### Task brief
Word for word, repeat every record.

=-=-=-=-=

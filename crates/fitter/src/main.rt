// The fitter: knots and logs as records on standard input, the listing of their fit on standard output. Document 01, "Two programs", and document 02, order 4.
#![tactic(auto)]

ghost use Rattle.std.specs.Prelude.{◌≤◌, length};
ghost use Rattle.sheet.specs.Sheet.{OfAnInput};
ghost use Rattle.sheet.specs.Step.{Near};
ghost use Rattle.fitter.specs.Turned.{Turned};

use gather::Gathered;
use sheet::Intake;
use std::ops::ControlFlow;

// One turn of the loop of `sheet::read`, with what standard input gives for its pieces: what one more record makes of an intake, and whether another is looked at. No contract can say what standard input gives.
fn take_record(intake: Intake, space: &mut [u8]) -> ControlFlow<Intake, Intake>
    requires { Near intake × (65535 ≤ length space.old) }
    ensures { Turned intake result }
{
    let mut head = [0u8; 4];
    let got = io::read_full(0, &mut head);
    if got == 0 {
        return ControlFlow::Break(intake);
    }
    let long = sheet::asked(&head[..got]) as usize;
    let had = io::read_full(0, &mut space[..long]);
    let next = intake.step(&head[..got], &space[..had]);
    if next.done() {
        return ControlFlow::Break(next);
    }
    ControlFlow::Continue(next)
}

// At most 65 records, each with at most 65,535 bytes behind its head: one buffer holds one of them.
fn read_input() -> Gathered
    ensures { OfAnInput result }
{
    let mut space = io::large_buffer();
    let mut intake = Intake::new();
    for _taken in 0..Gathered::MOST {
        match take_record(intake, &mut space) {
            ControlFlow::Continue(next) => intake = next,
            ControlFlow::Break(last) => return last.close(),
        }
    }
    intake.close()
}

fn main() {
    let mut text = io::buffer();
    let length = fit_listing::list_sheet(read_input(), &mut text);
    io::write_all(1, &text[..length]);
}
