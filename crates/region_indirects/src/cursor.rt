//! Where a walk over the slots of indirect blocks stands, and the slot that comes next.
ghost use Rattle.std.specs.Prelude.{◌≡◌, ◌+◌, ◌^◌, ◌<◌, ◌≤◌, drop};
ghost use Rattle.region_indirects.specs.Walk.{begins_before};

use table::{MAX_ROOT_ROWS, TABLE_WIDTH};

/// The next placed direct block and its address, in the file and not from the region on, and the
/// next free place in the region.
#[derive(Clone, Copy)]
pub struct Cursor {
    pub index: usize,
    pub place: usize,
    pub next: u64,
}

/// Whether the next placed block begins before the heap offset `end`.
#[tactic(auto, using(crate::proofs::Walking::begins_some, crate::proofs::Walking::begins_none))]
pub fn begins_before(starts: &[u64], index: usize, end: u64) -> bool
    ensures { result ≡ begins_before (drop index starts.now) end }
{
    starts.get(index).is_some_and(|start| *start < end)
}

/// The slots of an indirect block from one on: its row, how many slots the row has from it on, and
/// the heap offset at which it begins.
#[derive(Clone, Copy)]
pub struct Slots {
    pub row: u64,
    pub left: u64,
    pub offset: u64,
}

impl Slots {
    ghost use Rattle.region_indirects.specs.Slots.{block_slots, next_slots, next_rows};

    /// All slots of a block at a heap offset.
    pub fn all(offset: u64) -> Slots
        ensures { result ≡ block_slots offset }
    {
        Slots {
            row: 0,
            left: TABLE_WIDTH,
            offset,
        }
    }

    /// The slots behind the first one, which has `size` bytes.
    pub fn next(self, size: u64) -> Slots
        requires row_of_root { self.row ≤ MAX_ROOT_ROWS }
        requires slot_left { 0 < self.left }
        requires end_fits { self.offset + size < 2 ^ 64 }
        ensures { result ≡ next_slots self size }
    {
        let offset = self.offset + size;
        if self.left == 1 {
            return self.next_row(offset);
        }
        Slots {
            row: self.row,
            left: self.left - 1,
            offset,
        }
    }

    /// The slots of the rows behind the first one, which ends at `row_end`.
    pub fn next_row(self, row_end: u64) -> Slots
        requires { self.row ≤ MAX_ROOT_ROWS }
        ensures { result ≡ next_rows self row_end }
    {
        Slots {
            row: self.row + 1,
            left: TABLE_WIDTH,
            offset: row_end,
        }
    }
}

=-=-=-=-=

### Exercise response
filename crates/fitter/src/main.rt
// The fitter: knots and logs as records on standard input, the listing of their fit on standard output. Document 01, "Two programs", and document 02, order 4.
#![tactic(auto)]

ghost use Rattle.std.specs.Prelude.{◌≤◌, length};
ghost use Rattle.sheet.specs.Sheet.{OfAnInput};
ghost use Rattle.sheet.specs.Step.{Near};
ghost use Rattle.fitter.specs.Turned.{Turned};

use gather::Gathered;
use sheet::Intake;
use std::ops::ControlFlow;

// One turn of the loop of `sheet::read`, with what standard input gives for its pieces: what one more record makes of an intake, and whether another is looked at. No contract can say what standard input gives.
fn take_record(intake: Intake, space: &mut [u8]) -> ControlFlow<Intake, Intake>
    requires { Near intake × (65535 ≤ length space.old) }
    ensures { Turned intake result }
{
    let mut head = [0u8; 4];
    let got = io::read_full(0, &mut head);
    if got == 0 {
        return ControlFlow::Break(intake);
    }
    let long = sheet::asked(&head[..got]) as usize;
    let had = io::read_full(0, &mut space[..long]);
    let next = intake.step(&head[..got], &space[..had]);
    if next.done() {
        return ControlFlow::Break(next);
    }
    ControlFlow::Continue(next)
}

// At most 65 records, each with at most 65,535 bytes behind its head: one buffer holds one of them.
fn read_input() -> Gathered
    ensures { OfAnInput result }
{
    let mut space = io::large_buffer();
    let mut intake = Intake::new();
    for _taken in 0..Gathered::MOST {
        match take_record(intake, &mut space) {
            ControlFlow::Continue(next) => intake = next,
            ControlFlow::Break(last) => return last.close(),
        }
    }
    intake.close()
}

fn main() {
    let mut text = io::buffer();
    let length = fit_listing::list_sheet(read_input(), &mut text);
    io::write_all(1, &text[..length]);
}
filename crates/region_indirects/src/cursor.rt
//! Where a walk over the slots of indirect blocks stands, and the slot that comes next.
ghost use Rattle.std.specs.Prelude.{◌≡◌, ◌+◌, ◌^◌, ◌<◌, ◌≤◌, drop};
ghost use Rattle.region_indirects.specs.Walk.{begins_before};

use table::{MAX_ROOT_ROWS, TABLE_WIDTH};

/// The next placed direct block and its address, in the file and not from the region on, and the
/// next free place in the region.
#[derive(Clone, Copy)]
pub struct Cursor {
    pub index: usize,
    pub place: usize,
    pub next: u64,
}

/// Whether the next placed block begins before the heap offset `end`.
#[tactic(auto, using(crate::proofs::Walking::begins_some, crate::proofs::Walking::begins_none))]
pub fn begins_before(starts: &[u64], index: usize, end: u64) -> bool
    ensures { result ≡ begins_before (drop index starts.now) end }
{
    starts.get(index).is_some_and(|start| *start < end)
}

/// The slots of an indirect block from one on: its row, how many slots the row has from it on, and
/// the heap offset at which it begins.
#[derive(Clone, Copy)]
pub struct Slots {
    pub row: u64,
    pub left: u64,
    pub offset: u64,
}

impl Slots {
    ghost use Rattle.region_indirects.specs.Slots.{block_slots, next_slots, next_rows};

    /// All slots of a block at a heap offset.
    pub fn all(offset: u64) -> Slots
        ensures { result ≡ block_slots offset }
    {
        Slots {
            row: 0,
            left: TABLE_WIDTH,
            offset,
        }
    }

    /// The slots behind the first one, which has `size` bytes.
    pub fn next(self, size: u64) -> Slots
        requires row_of_root { self.row ≤ MAX_ROOT_ROWS }
        requires slot_left { 0 < self.left }
        requires end_fits { self.offset + size < 2 ^ 64 }
        ensures { result ≡ next_slots self size }
    {
        let offset = self.offset + size;
        if self.left == 1 {
            return self.next_row(offset);
        }
        Slots {
            row: self.row,
            left: self.left - 1,
            offset,
        }
    }

    /// The slots of the rows behind the first one, which ends at `row_end`.
    pub fn next_row(self, row_end: u64) -> Slots
        requires { self.row ≤ MAX_ROOT_ROWS }
        ensures { result ≡ next_rows self row_end }
    {
        Slots {
            row: self.row + 1,
            left: TABLE_WIDTH,
            offset: row_end,
        }
    }
}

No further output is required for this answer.